How to measure par ?

Blue brother

Well-Known Member
got some dual arcs coming in the next couple days and I want to know if there is any way of reading the spectrum of light at various points around the room, I hope someone understands what I mean lol. I'd like to be able to know if there were any spots where inconsistencies in the spectrum would occur due to the light from each arc not being mixed up properly.

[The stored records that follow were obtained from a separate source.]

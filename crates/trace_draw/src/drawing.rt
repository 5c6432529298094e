//! The picture of the lines of a trace.
ghost use Rattle.std.specs.Prelude.{◌≡◌, None, length, IfOk, IfErr};
ghost use Rattle.trace_draw.specs.Bars.{shows_bar, bars_of};
ghost use Rattle.trace_draw.specs.Pictures.{picture_of, bars_within, marks_within, crowd, crowd_told};

use crate::axis::ticks;
use crate::bars::Bar;
use crate::ends::Ends;
use crate::error::PictureError;
use crate::marks::{is_mark, shows};
use crate::shown::Picture;
use crate::window::Window;
use executor_model::Line;
use std::alloc::{AllocError, Allocator};

/// The picture of the lines of a trace, which stand in its order.
///
/// It shows each run of which the window shows a part as one bar, each other line but a purge that the window shows as one mark,
/// and ticks.
/// The error is [`PictureError::Crowded`] exactly where more than `most` marks, or else more than `most` bars, would be shown; else
/// [`PictureError::Memory`] may come.
pub fn picture<A: Allocator + Copy>(
    alloc: A,
    lines: &[Line],
    workers: u8,
    window: Window,
    most: u64,
) -> Result<Picture<A>, PictureError>
    ensures picture { IfOk result (λ p. p ≡ picture_of lines.now workers window) }
    ensures fits { IfOk result (λ p. crowd most p.marks p.bars ≡ None) }
    ensures error { IfErr result
        (λ e. crowd_told e
        ≡ crowd most (marks_within window lines.now) (bars_within window lines.now)) }
{
    let marks = count_marks(lines, window);
    if marks > most {
        return Err(PictureError::Crowded { marks });
    }
    let bars = count_bars(lines, window);
    if bars > most {
        return Err(PictureError::Crowded { marks: bars });
    }
    let bars = bars_in(alloc, lines, window)?;
    let marks = marks_in(alloc, lines, window)?;
    let ticks = ticks(alloc, window)?;
    Ok(Picture::new(window, workers, bars, marks, ticks))
}

/// Whether a window shows a part of a run.
fn shows_bar(window: Window, bar: &Bar) -> bool
    ensures { result ≡ shows_bar window bar.now }
{
    bar.first <= window.to()
        && match bar.finish {
            None => true,
            Some(finish) => window.from() <= finish.moment,
        }
}

/// How many of the lines are marks that a window shows.
fn count_marks(lines: &[Line], window: Window) -> u64
    ensures { result ≡ length (marks_within window lines.now) }
{
    lines
        .iter()
        .filter(|line| is_mark(line))
        .filter(|line| shows(window, line.moment()))
        .count() as u64
}

/// The lines that are marks, where a window shows them.
fn marks_in<A: Allocator>(
    alloc: A,
    lines: &[Line],
    window: Window,
) -> Result<Vec<Line, A>, AllocError>
    ensures { IfOk result (λ marks. marks.items ≡ marks_within window lines.now) }
{
    let mut marks = Vec::new(alloc);
    for line in lines {
        if is_mark(line) && shows(window, line.moment()) {
            marks.push(*line)?;
        }
    }
    Ok(marks)
}

/// Of how many of the bars of some lines a window shows a part.
fn count_bars(lines: &[Line], window: Window) -> u64
    ensures { result ≡ length (bars_within window lines.now) }
{
    let mut ends = Ends::new();
    let mut count = 0;
    let size = lines.len();
    for index in (0..size).rev() {
        if let Some(bar) = ends.read(&lines[index]) {
            if shows_bar(window, &bar) {
                count += 1;
            }
        }
    }
    count
}

/// The bars of some lines of which a window shows a part.
fn bars_in<A: Allocator>(
    alloc: A,
    lines: &[Line],
    window: Window,
) -> Result<Vec<Bar, A>, AllocError>
    ensures { IfOk result (λ bars. bars.items ≡ bars_within window lines.now) }
{
    let mut ends = Ends::new();
    let mut bars = Vec::new(alloc);
    for index in (0..lines.len()).rev() {
        if let Some(bar) = ends.read(&lines[index]) {
            if shows_bar(window, &bar) {
                bars.push(bar)?;
            }
        }
    }
    bars.reverse();
    Ok(bars)
}
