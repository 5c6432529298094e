//! What a picture of a trace shows: bars for the runs, marks for other lines, and an axis of time.
//!
//! # Usage
//!
//! [`check_and_read`](trace_check::check_and_read) reads the lines of a trace, [`whole_window`] tells the part of time that they
//! take, and [`picture`] makes the picture. [`place`] says where a moment stands in it. No picture is drawn here: a layer above
//! turns the value into text.
//!
//! ```rust
//! let plan =
//!     b"version = 2\n[[block]]\ncall = [ { op = \"schedule\", name = \"a\", delay = 5 } ]\n";
//! let plan = read_plan(alloc, plan)?;
//! let text = "0 submit 0 schedule due 5\n5 clock\n5 start 0 task 0 run 0 due 5\n\
//!     9 clock\n9 finish 0 task 0 run 0 done 7\n";
//! let (_, lines) = check_and_read(alloc, &plan, 1, text.as_bytes())?;
//! let window = whole_window(&lines); // from 0 to 9
//! let shown = picture(alloc, &lines, 1, window, 2_000)?;
//! assert_eq!(rt; shown.bars().len(), 1); // from the start at 5 to the finish at 9
//! assert_eq!(rt; shown.marks().len(), 3); // the submission, and two clocks
//! assert_eq!(rt; shown.ticks().len(), 5); // 0 ns, 2 ns, and so on to 8 ns
//! assert_eq!(rt; place(window, 900, 5), 500);
//! ```
//!
//! # Behaviour
//!
//! A [`Bar`] stands for each line that starts a run: from its moment to the first finish by the same worker behind it, or open,
//! where there is none. Each other line is a mark, unless it finishes a run or is a purge: a submission, a refusal, a cancel, the
//! end of a task, a policy, a shutdown, an `ask`, a clock, a worker that is idle, an error. A picture shows the bars of which its
//! [`Window`] has a part, also where they reach over an end of it ([`starts_have_bars`]), and no others
//! ([`bars_meet_the_window`]); and a mark for each such line within it
//! ([`lines_have_marks`]), and no others ([`marks_are_lines`]). Both ends of a window are shown.
//!
//! The lines may be any. Of those of a trace that conforms more is so: their moments do not fall ([`moments_do_not_fall`]), the
//! finish of a bar is that of its own task and run ([`finishes_are_their_own`]), bars in one lane do not overlap
//! ([`bars_do_not_overlap`]), no run has two bars ([`no_run_has_two_bars`]), and each worker has as many finishes as bars that
//! have one ([`finishes_are_counted`]). So each of their lines but a purge is shown once: [`lines_are_counted`].
//!
//! [`Tick`]s stand at each multiple of a step that the window shows: the first step of 1, 2, 5, 10, 20, 50, 100, 200, 500 ns, the
//! same of us and ms, 1, 2, 5, 10, 15, 30 s and min, 1, 2, 3, 6, 12 h, and 1, 2, 5 d and so on to 50,000 d, of which seven reach over
//! it. So there are eight at most ([`ticks_are_few`]), and each says its moment exactly ([`ticks_stand`]).
//!
//! [`place`] rounds down, never lets a later moment stand before an earlier one ([`places_rise`]), and puts the ends of a window at
//! 0 and at the width ([`places_reach_the_ends`]).
//!
//! # Order and ties
//!
//! Lines stand in the order of the trace, the oldest first. Bars stand in the order of their starts, marks in that of their lines,
//! ticks ascend.
//!
//! # Errors
//!
//! [`PictureError::Crowded`] tells how many marks the window shows, where they are more than asked for, and else how many bars. It
//! is found before any memory is taken, and comes exactly then. [`PictureError::Memory`] comes where a growth was refused. Nothing
//! is kept after an error.
//!
//! # Memory and cost
//!
//! A picture takes memory for what it shows alone. Lines are gone over twice for marks and twice for bars, from the last one to the
//! first, with a table of 256 workers: time grows with the number of lines, whatever they are.
//!
//! # Tests
//!
//! They stand in `picture_tests`.
#![tactic(auto)]

mod axis;
mod axis_laws;
mod bars;
mod drawing;
mod ends;
mod equality;
mod error;
mod laws;
mod marks;
mod scale;
mod shown;
mod steps;
mod ticks;
mod whole;
mod window;

pub use axis_laws::{
    multiples_have_ticks, places_are_exact, places_are_within, places_reach_the_ends, places_rise,
    steps_reach, ticks_are_few, ticks_ascend, ticks_stand, whole_is_first_to_last, whole_shows_all,
};
pub use bars::{Bar, Finish};
pub use drawing::picture;
pub use equality::{
    bar_equality_tells, finish_equality_tells, picture_error_equality_tells, tick_equality_tells,
    window_equality_tells,
};
pub use error::PictureError;
pub use laws::{
    bars_are_in_lanes, bars_do_not_overlap, bars_meet_the_window, bars_start,
    conforming_texts_are_traces, finishes_are_counted, finishes_are_their_own, lines_are_counted,
    lines_have_marks, marks_are_lines, moments_do_not_fall, no_run_has_two_bars, starts_have_bars,
};
pub use scale::place;
pub use shown::Picture;
pub use ticks::Tick;
pub use whole::whole_window;
pub use window::Window;
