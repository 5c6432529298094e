//! The bars of lines that are read from the last one to the first.
ghost use Rattle.std.specs.Prelude.{◌≡◌, ℕ, ◌<◌, [], ◌∷◌, List, slice_index_or, None};
ghost use Rattle.executor_model.specs.declared.types.Line.{Line as Said};
ghost use Rattle.trace_draw.specs.Bars.{finish_of, bar_in};
ghost use Rattle.trace_draw.specs.own.Ends.{TellEnds};

use crate::bars::{Bar, Finish};
use executor_model::{Answer, Line, Message};

/// How many workers a line can name.
const MOST_NAMED: usize = 256;

/// The first finish of each worker, among the lines read so far.
#[derive(Drop)]
pub struct Ends {
    finishes: [Option<Finish>; MOST_NAMED],
}

impl Ends {
    /// Before any line.
    pub fn new() -> Ends
        ensures { TellEnds result.finishes [] }
    {
        Ends {
            finishes: [None; MOST_NAMED],
        }
    }

    /// Reads the line in front of those read so far: the bar that it begins, if it starts a run.
    pub fn read(&mut self, line: &Line) -> Option<Bar>
        ensures ends { (later : List Said) → TellEnds self.old.finishes later
            → TellEnds self.new.finishes (line.now ∷ later) }
        ensures bar { (later : List Said) → TellEnds self.old.finishes later
            → result ≡ bar_in line.now.moment line.now.message later }
    {
        match line.message() {
            Message::Answer(
                Answer::Start {
                    worker,
                    task,
                    run,
                    due,
                },
            ) => Some(Bar {
                worker,
                task,
                run,
                due,
                first: line.moment(),
                finish: self.finishes[worker as usize],
            }),
            Message::Answer(
                Answer::Finish {
                    worker,
                    outcome,
                    ..
                },
            ) => {
                self.finishes[worker as usize] = Some(Finish {
                    moment: line.moment(),
                    outcome,
                });
                None
            }
            _ => None,
        }
    }
}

Thanks in advance for ur replys dudes
 

Red1966

Well-Known Member
Even a PAR meter (pretty expensive) won't give spectra specific data. There are devices that can do that, but you're talking thousands of dollars. I think it's called a spectrometer?
 

Blue brother

Well-Known Member
I done abit looking around and apparently they use something called a diffraction grate to further break down the spectrum. I dunno why but I thought I might be able to use a glass prysm lol.
 

Blue brother

Well-Known Member
Haha how cool, how will I be able to take different measurements at different points of the spectrum though?
 

auswolf

Well-Known Member
Haha how cool, how will I be able to take different measurements at different points of the spectrum though?
Yes the link I posted uses software, you just have to calibrate with a cfl.
Here's the spectrum of 430w hps, it also has the bulb dimmed to 250w to show
the effect on spectrum.image.jpg
Simple as taking a photo with your phone.
 

Blue brother

Well-Known Member
Am I right in thinking the first link will just tell me the amount of total par at a said point? Where as the second will show me the total amount of radiation and the way in which its distributed between the different wavelengths?.

I need to be able to see if the light from what is essentially two different light sources is being mixed consistently.

Hypothetically I could have identical par readings at 2 different points in the room but The spectrum could still have different content at said point. I.e a blue area and an orange/red area.
 

LurchLurkin

Active Member
Just rent a PAR meter from a fish place. It's something like $20 a week with a couple hundred deposit which you get back when you return the meter.

A spectrometer will only tell you what wavelengths you have.

A PAR meter will tell you how much light you have that the plant can use.


US government study on cannabis found it can handle 2000microeinsteins per meter at 80F with 1200ppm co2
 

Blue brother

Well-Known Member
Just rent a PAR meter from a fish place. It's something like $20 a week with a couple hundred deposit which you get back when you return the meter.

A spectrometer will only tell you what wavelengths you have.

A PAR meter will tell you how much light you have that the plant can use.


US government study on cannabis found it can handle 2000microeinsteins per meter at 80F with 1200ppm co2
A par meter won't work for my needs.
A par measurement will be like saying there's 3kg of food in my cupboard. What I wanna know is how much spaghetti I have, how much pasta sauce, how much bread etc.

Thanks though
 

LurchLurkin

Active Member
No you don't. PAR means photosynthetic active radiation, it ONLY measures light that plants can use.

You're thinking of a lumen meter, lumen is for visible light, not all of which a plant can use.

If you look at the light, is it cool or warm? Cool for veg, warm for flower. Then a PAR meter will tell you how much light is there that a plant can use.


A spectrometer might tell you that you have 680nm light and not a lot of 420nm...so you have lots of red and little blue... You can tell that by looking at it.